Mémoires de la Plantation by Yassine Ben Abdallah

Architects and designers Lucien Dumas and Lou Poko Savadogo

Playing with scale, Lou Poko Savadogo and Lucien Dumas create Au dixième, a chest of drawers and a china cabinet that take cues from architectural construction processes. The pair of “constructions” is structured and assembled using weaving principles, with the wooden pieces held together by a paper cord. Clapboard serves as drawers, and burnt wood makes up the finish. The sum of these parts is a use of natural materials that places Au dixième among timeless designs.

Au dixième by Lucien Dumas and Lou Poko Savadogo

Bois sensible floor lamp by Vital Lainé

Table lamps Erreur 404, James Haywood, Design Parade Hyères

At Design Parade Hyères, designer Vital Lainé calls upon a selection of local wood species and sawmill scraps, a material classified as having defects, to create simple, geometric pieces. Here, it’s the character of the wood that creates the object. With its light-letting cut-outs, Bois sensible combines purity of design and material with emotion and poetry.

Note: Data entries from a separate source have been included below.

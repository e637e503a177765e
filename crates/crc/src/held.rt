// What document 01 says of the checksum itself. Nothing is run here: each function's promise is a statement of specs/, so that a check
// fails where its proof is missing.
ghost use Rattle.crc.specs.Crc.{CheckValue};

// The checksum of the nine characters "123456789" is 0x0376E6E7, the value by which anyone can tell this CRC from another.
#[tactic(auto, using(crate::proofs::CheckValue::check_value))]
pub fn check_value()
    ensures { CheckValue }
{}
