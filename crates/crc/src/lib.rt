// CRC-32/MPEG-2 of bytes, bit by bit: document 01, "CRC".
#![tactic(auto)]

pub mod held;

ghost use Rattle.std.specs.Prelude.{◌≡◌};
ghost use Rattle.crc.specs.Crc.{shifted, shifted_by, fed, crc_from, crc};

// The polynomial of CRC-32/MPEG-2.
pub const POLYNOMIAL: u32 = 0x04C1_1DB7;

// The register before the first byte.
pub const START: u32 = 0xFFFF_FFFF;

// The bit that is fed first.
const HIGH_BIT: u32 = 0x8000_0000;

// The register shifted by one bit.
pub fn shift(register: u32) -> u32
    ensures { result ≡ shifted register }
{
    if register & HIGH_BIT != 0 {
        (register << 1) ^ POLYNOMIAL
    } else {
        register << 1
    }
}

// The register shifted by the eight bits of a byte.
pub fn shift_byte(register: u32) -> u32
    ensures { result ≡ shifted_by 8 register }
{
    shift(shift(shift(shift(shift(shift(shift(shift(register))))))))
}

// The register with one byte more.
fn take(register: u32, byte: u8) -> u32
    ensures { result ≡ fed register byte }
{
    shift_byte(register ^ ((byte as u32) << 24))
}

// The register with some bytes more, in their order.
pub fn crc_from(register: u32, bytes: &[u8]) -> u32
    ensures { result ≡ crc_from register bytes.now }
{
    bytes.iter().fold(register, |sum, byte| take(sum, *byte))
}

// The checksum of some bytes, in their order.
pub fn crc(bytes: &[u8]) -> u32
    ensures { result ≡ crc bytes.now }
{
    crc_from(START, bytes)
}
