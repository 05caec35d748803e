ghost use Rattle.std.specs.Prelude.{◌≡◌, ◌-◌};
ghost use Rattle.spc_alu.specs.Sums.{add, compare, overflow, subtract};

use crate::changes::Changed;
use crate::status::{bit_number, with_result};
use spc_tables::{CARRY, HALF_CARRY, OVERFLOW};
use status_bits::{is_set, with_bit};

/// Whether the signed sum of two bytes does not fit a byte.
#[inline(always)]
fn has_overflow(a: u8, m: u8, sum: u16) -> bool
    ensures { result ≡ overflow a m sum }
{
    let sign = sum / 128 % 2;
    sign != a as u16 / 128 % 2 && sign != m as u16 / 128 % 2
}

/// ADC: the sum of two bytes and the carry.
#[tactic(auto, unfolding(crate::specs::Sums::add))]
#[inline(always)]
pub fn added(psw: u8, a: u8, m: u8) -> Changed
    ensures { result ≡ add psw a m }
{
    let carry = bit_number(is_set(psw, CARRY));
    let sum = a as u16 + m as u16 + carry as u16;
    let value = (sum % 256) as u8;
    let with_carry = with_bit(with_result(value, psw), CARRY, sum >= 256);
    let with_half = with_bit(with_carry, HALF_CARRY, a % 16 + m % 16 + carry >= 16);
    Changed {
        value,
        psw: with_bit(with_half, OVERFLOW, has_overflow(a, m, sum)),
    }
}

/// SBC: the sum of a byte, the complement of another, and the carry.
#[tactic(auto, unfolding(crate::specs::Sums::subtract))]
#[inline(always)]
pub fn subtracted(psw: u8, a: u8, m: u8) -> Changed
    ensures { result ≡ subtract psw a m }
{
    added(psw, a, 255 - m)
}

/// PSW after a comparison of two bytes.
#[tactic(auto, unfolding(crate::specs::Sums::compare))]
#[inline(always)]
pub fn compared(psw: u8, value: u8, m: u8) -> u8
    ensures { result ≡ compare psw value m }
{
    let difference = ((value as u16 + 256 - m as u16) % 256) as u8;
    with_bit(with_result(difference, psw), CARRY, value >= m)
}
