// The messages on standard error. Their texts are not promised, and a failed write of one is ignored.
use file_shelf::Cause;
use job_player::{Console, SoundTaker};
use run_io::{Argv, Line, Mistake, input_given, output_given};
use shelf::Out;
use snes_commands::{Status, refusal_line};
use snes_program::explain;
use std::io;

/// Returns a line without its end, as text.
fn text_of(line: &Line) -> &str {
    match std::str::from_utf8(line.bytes()) {
        Ok(text) => text.trim_end(),
        Err(_) => "",
    }
}

/// Prints what is wrong with a command line, and where to read more.
fn tell_mistake(rt: &HostRuntime, mistake: &Mistake<'_>) -> io::Result<()> {
    eprintln!(rt; "snes: {mistake}")?;
    eprintln!(rt;
        "snes: the commands are run, serial, lockless, play, make, demo, rewind, sums, check, dump and spc; snes --help says more"
    )
}

/// Prints that an argument is not text.
pub fn say_why_no_text(rt: &HostRuntime) -> io::Result<()> {
    eprintln!(rt; "snes: an argument is not UTF-8")
}

/// Prints which file a failure is about, and why it failed.
fn tell_file(rt: &HostRuntime, name: &str, status: Status, cause: Option<Cause>) -> io::Result<()> {
    let Some(line) = refusal_line(status) else {
        return Ok(());
    };
    let text = text_of(&line);
    match cause {
        Some(cause) => eprintln!(rt; "snes: {name:?}: {text}: {cause}"),
        None => eprintln!(rt; "snes: {name:?}: {text}"),
    }
}

/// Prints what the line on standard output leaves out of a failure.
pub fn say_why(
    rt: &HostRuntime,
    words: &Argv,
    status: Status,
    cause: Option<Cause>,
) -> io::Result<()> {
    match status {
        Status::Ok | Status::Differs => Ok(()),
        Status::Usage => match explain::<Console, SoundTaker>(words) {
            Some(mistake) => tell_mistake(rt, &mistake),
            None => Ok(()),
        },
        Status::LoadFault(input) => tell_file(rt, input_given(words.all(), input), status, cause),
        Status::Refused(why) => {
            tell_file(rt, input_given(words.all(), why.input()), status, None)
        }
        Status::WriteFault(Out::Say) => match cause {
            Some(cause) => eprintln!(rt; "snes: standard output: {cause}"),
            None => Ok(()),
        },
        Status::WriteFault(out) => tell_file(rt, output_given(words.all(), out), status, cause),
        Status::NoMemory => eprintln!(rt; "snes: no memory"),
    }
}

James Haywood’s Erreur 404 replaces traditional concrete with blast-furnace slag and construction debris. In his workshop in the south of France, this former aerospace engineer creates brutalist lamps that are simultaneously familiar (think totems, hydrothermal chimneys, or organ pipes) and futuristic.

Lighting within the Melitosfex installation by Madeleine Oltra and Angelo de Taine, Design Parade Toulon

Meanwhile, at Design Parade Toulon, last year’s prize-winners and members of this year’s jury, Madeleine Oltra and Angelo de Taine, reference the inner world of a beehive for Melitosfex, which the creative duo envisioned as being “the Queen Bee's secret chambers.” Working with yellow brass across the installation's furniture and lighting fixtures, the designers seek to mimic the precious honey produced by these equally precious bees.

Tegula by Joséphine Balayn at Design Parade Toulon

Le Jardin secret de Bleu Chardon by Paul Bonlarron at Design Parade Toulon

Architect Joséphine Balayn transports guests into a patio of Provençal tiles and antique columns with Tegula, which translates to tile in Latin. The architect, who graduated from École Bleue and then moved on to RF Studio, chose old tiles for their coral hues and imperfect terracotta variations, creating an antique-like peristyle that surrounds a pool. In an effort to totally transport viewers, she finished the vignette with sounds of water and insects, as well as aromatics of immortelle and sage.

Last year’s winner of the National Furniture Prize, Paul Bonlarron, employs mise en abyme on a cabinet aux mirages, a Renaissance cabinet of secrets. Placed in the center of the room, his cabinet conceals 1,001 drawers and compartments. In a psychological twist, Bonlarron creates identical niches along installation walls as though to make visitors feel they are wandering within the maze-like cabinet.

Design Parade Toulon, exhibitions on view through November 5, 2023.Design Parade Hyères, exhibitions on view through September 3, 2023.